A deep-well drillstring failure study was conducted which included a review of drillstring inspection reports, daily drilling reports, digital data, technical literature, and engineering analysis for the two wells.
A Cumulative Fatigue Analysis (CFA) modeling technique taking into account specific well conditions (i.e., wellbore geometry, rotary speed, rate of penetration, hook load, and drillstring configuration) was applied. The model indicated that drillstring failures would occur across shallow doglegs mainly because of high hang-down loads combined with slow rate of penetration (ROP). The results of the study led to the development of new deep-well design criteria and implementation of new drilling guidelines. The new guidelines included utilization of look-ahead CFA modeling when approaching drillstring endurance limits to minimize drillpipe fatigue failures.
Look-ahead CFA modeling and the new drilling guidelines were used on two subsequent deep wells in the area, leading to successful drilling to total depth (TD) of 18,000 ft TVD without failure. One of the wells had a 1.4°/100 ft dogleg severity (calculated based on 100 ft survey spacing) at 1,500 ft and drillpipe shuffling was required to prevent drillstring failure in the deep hole section. The drillstring fatigue failure prevention guidelines apply to deep wells drilled worldwide.
Introduction
BP America Inc. experienced three high-load cyclic fatigue tube failures while drilling in the U.S.A. midcontinent region's deep Anadarko basin. All the failures occurred within a four-month period, on two wells drilled by different rigs. The three fatigue failures occurred in the highest shallow dogleg interval of the wells, and all three failures were in the inclination-angle dropping section of the well.

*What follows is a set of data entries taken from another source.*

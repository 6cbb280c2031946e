ghost use Rattle.std.specs.Prelude.{◌≡◌, ◌≤◌, ◌<◌, ◌+◌, ◌^◌, [], ◌∷◌, IfOk, length, vec_len};
ghost use Rattle.nbd_wire.specs.Answer.{IsBytesRead, IsStates, data_status, one_run};
ghost use Rattle.nbd_wire.specs.Request.{handed_len, payload_limit};

use crate::error::Errno;
use crate::head::RequestHead;
use std::alloc::{AllocError, Global};
use std::marker::Model;

/// The status of data.
pub const DATA: u32 = 0;
/// The status of bytes that are a hole and read as zero: bits 0 and 1 of the context `base:allocation`.
pub const HOLE: u32 = 3;

/// A request with the data that follow its head on the stream: a WRITE's data, of as many bytes as its head
/// says; none after another request, and none where the data were too long to be kept.
#[derive(Drop)]
pub struct Request {
    head: RequestHead,
    bytes: Vec<u8>,
}

impl Model for Request {
    ghost use Rattle.std.specs.Prelude.{◌≡◌, length};
    ghost use Rattle.nbd_wire.specs.Request.{Message, handed_len};

    ghost Value = { Message };

    ghost view = { λ request. record { head = request.head; bytes = request.bytes.items } };

    ghost invariant = { λ request. length request.bytes.items ≡ handed_len request.head };
}

impl Request {
    /// The request with this head and these data.
    pub fn new(head: RequestHead, bytes: Vec<u8>) -> Request
        requires { vec_len bytes ≡ handed_len head }
        ensures { result ≡ record { head = head; bytes = bytes.items } }
    {
        Request { head, bytes }
    }

    /// A copy of the request. Refusal 0 (no memory).
    pub fn try_clone(&self, alloc: Global) -> Result<Request, AllocError>
        ensures { IfOk result (λ copy. copy ≡ self.now) }
    {
        Ok(Request {
            head: self.head,
            bytes: Vec::from_slice(alloc, &self.bytes)?,
        })
    }

    /// Its head.
    pub fn head(&self) -> RequestHead
        ensures { result ≡ self.now.head }
    {
        self.head
    }

    /// Its data.
    pub fn bytes(&self) -> &[u8]
        ensures value { result.now ≡ self.now.bytes }
        ensures len { length result.now ≡ handed_len self.now.head }
    {
        &self.bytes
    }

    /// Its head and its data.
    pub fn into_parts(self) -> (RequestHead, Vec<u8>)
        ensures head { result.0 ≡ self.head }
        ensures bytes { result.1.items ≡ self.bytes }
        ensures len { vec_len result.1 ≡ handed_len self.head }
    {
        let Request { head, bytes } = self;
        (head, bytes)
    }
}

/// The answer to the request with this cookie.
#[derive(Drop)]
pub struct Reply {
    pub cookie: u64,
    pub answer: Answer,
}

/// What a request is answered.
#[derive(Drop)]
pub enum Answer {
    /// Done, with nothing to hand over.
    Done,
    Refused(Errno),
    /// The bytes that were read.
    Bytes(ReadBytes),
    /// The states of the bytes that were asked for, from the first on.
    States(States),
}

impl Answer {
    /// A copy of the answer. Refusal 0 (no memory).
    pub fn try_clone(&self, alloc: Global) -> Result<Answer, AllocError>
        ensures { IfOk result (λ copy. copy ≡ self.now) }
    {
        Ok(match self {
            Answer::Done => Answer::Done,
            Answer::Refused(errno) => Answer::Refused(*errno),
            Answer::Bytes(read) => Answer::Bytes(read.try_clone(alloc)?),
            Answer::States(states) => Answer::States(states.try_clone(alloc)?),
        })
    }
}

/// Bytes that were read from `offset` on, and the runs that part them into [`DATA`] and [`HOLE`]s,
/// which are zero: one run for each longest part in one status.
#[derive(Drop)]
pub struct ReadBytes {
    offset: u64,
    bytes: Vec<u8>,
    runs: Vec<Run>,
}

impl Model for ReadBytes {
    ghost use Rattle.nbd_wire.specs.Answer.{BytesRead, IsBytesRead};

    ghost Value = { BytesRead };

    ghost view = { λ read. record { offset = read.offset; bytes = read.bytes.items; runs = read.runs.items } };

    ghost invariant = { λ read. IsBytesRead (record { offset = read.offset; bytes = read.bytes.items; runs = read.runs.items }) };
}

impl ReadBytes {
    /// The bytes from `offset` on, in these runs.
    pub fn new(offset: u64, bytes: Vec<u8>, runs: Vec<Run>) -> ReadBytes
        requires { IsBytesRead (record { offset = offset; bytes = bytes.items; runs = runs.items }) }
        ensures { result ≡ record { offset = offset; bytes = bytes.items; runs = runs.items } }
    {
        ReadBytes {
            offset,
            bytes,
            runs,
        }
    }

    /// Bytes that are all data. Refusal 0 (no memory).
    pub fn data(alloc: Global, offset: u64, bytes: Vec<u8>) -> Result<ReadBytes, AllocError>
        requires some { 0 < vec_len bytes }
        requires most { vec_len bytes ≤ payload_limit }
        requires inside { offset + vec_len bytes < 2 ^ 64 }
        ensures { IfOk result (λ read. read ≡ one_run offset bytes.items data_status) }
    {
        let runs = one_run(alloc, bytes.len() as u32)?;
        Ok(ReadBytes::new(offset, bytes, runs))
    }

    /// A copy of them. Refusal 0 (no memory).
    pub fn try_clone(&self, alloc: Global) -> Result<ReadBytes, AllocError>
        ensures { IfOk result (λ copy. copy ≡ self.now) }
    {
        Ok(ReadBytes {
            offset: self.offset,
            bytes: Vec::from_slice(alloc, &self.bytes)?,
            runs: Vec::from_slice(alloc, &self.runs)?,
        })
    }

    /// The place of the first byte in the export.
    pub fn offset(&self) -> u64
        ensures { result ≡ self.now.offset }
    {
        self.offset
    }

    /// The bytes.
    pub fn bytes(&self) -> &[u8]
        ensures value { result.now ≡ self.now.bytes }
        ensures most { length result.now ≤ payload_limit }
    {
        &self.bytes
    }

    /// Their parts, from the first byte on.
    pub fn runs(&self) -> &[Run]
        ensures value { result.now ≡ self.now.runs }
        ensures sound { IsBytesRead self.now }
    {
        &self.runs
    }

    /// The bytes, so that their buffer can be kept.
    pub fn into_bytes(self) -> Vec<u8>
        ensures { result.items ≡ self.bytes }
    {
        let ReadBytes {
            offset: _,
            bytes,
            runs: _,
        } = self;
        bytes
    }
}

// A run of data alone.
fn one_run(alloc: Global, length: u32) -> Result<Vec<Run>, AllocError>
    ensures { IfOk result (λ runs. runs.items ≡ record { length = length; status = data_status } ∷ []) }
{
    let mut runs = Vec::new(alloc);
    runs.push(Run {
        length,
        status: DATA,
    })?;
    Ok(runs)
}

/// 1 to 1,024 runs of bytes by their state, none of them empty.
#[derive(Drop)]
pub struct States {
    runs: Vec<Run>,
}

impl Model for States {
    ghost use Rattle.std.specs.Prelude.{List};
    ghost use Rattle.nbd_wire.specs.declared.message.Run.{Run};
    ghost use Rattle.nbd_wire.specs.Answer.{IsStates};

    ghost Value = { List Run };

    ghost view = { λ states. states.runs.items };

    ghost invariant = { λ states. IsStates states.runs.items };
}

impl States {
    /// The answer with these runs, from the first byte on.
    pub fn new(runs: Vec<Run>) -> States
        requires { IsStates runs.items }
        ensures { result ≡ runs.items }
    {
        States { runs }
    }

    /// A copy of them. Refusal 0 (no memory).
    pub fn try_clone(&self, alloc: Global) -> Result<States, AllocError>
        ensures { IfOk result (λ copy. copy ≡ self.now) }
    {
        Ok(States {
            runs: Vec::from_slice(alloc, &self.runs)?,
        })
    }

    /// The runs, from the first byte on.
    pub fn runs(&self) -> &[Run]
        ensures value { result.now ≡ self.now }
        ensures sound { IsStates self.now }
    {
        &self.runs
    }
}

/// Bytes one after another that are in one state.
#[derive(Clone, Copy, PartialEq, Eq)]
pub struct Run {
    /// In bytes.
    pub length: u32,
    /// The status flags of the context `base:allocation`: bit 0 for a hole, bit 1 for zero bytes.
    pub status: u32,
}

/// What the handshake agreed on.
#[derive(Clone, Copy)]
pub struct SessionFlags {
    /// Structured replies.
    pub structured: bool,
    /// The metadata context `base:allocation`.
    pub context: bool,
}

In Well A, poor mud properties caused the hole to pack off, leading to a heat-related tensile failure of a crossover in the bottomhole assembly (BHA). An unsuccessful fishing job for the remaining BHA led to a sidetrack. The sidetrack around the fish created shallow doglegs and led to the two drillpipe fatigue failures in Well A.
Shallow directional walk problems combined with a small directional target created shallow doglegs in Well B. The well scope was also changed at TD to drill 375 ft deeper. Mud circulation was lost, and the drillstring was rotated without circulation while building mud volume. Well B subsequently experienced a fatigue failure while pulling out of the hole at TD of 16,628 ft.
After these failures occurred, a comprehensive study was performed to understand why these two wells experienced drillpipe failures while other area wells with similar conditions did not experience a failure. The study included a review of drillpipe inspection reports, daily drilling reports, digital drilling recorder data, and engineering analysis.
Drillpipe Failures in Well A
Well A had been drilled to 11,409 ft TD. The hole was losing mud returns and starting to pack off because of hole instability. The drillstring was backreamed (rotating the drillstring while pulling out of the hole) with 325,000 lbf pickup weight to pull out of the hole. The hole finally partially packed off (circulation returns were lost) with very limited drillstring movement up or down at the 9?-in. bit depth of 10,530 ft. The drillstring was rotated for 1.5 hours at 10,530 ft (without circulation) before the failure.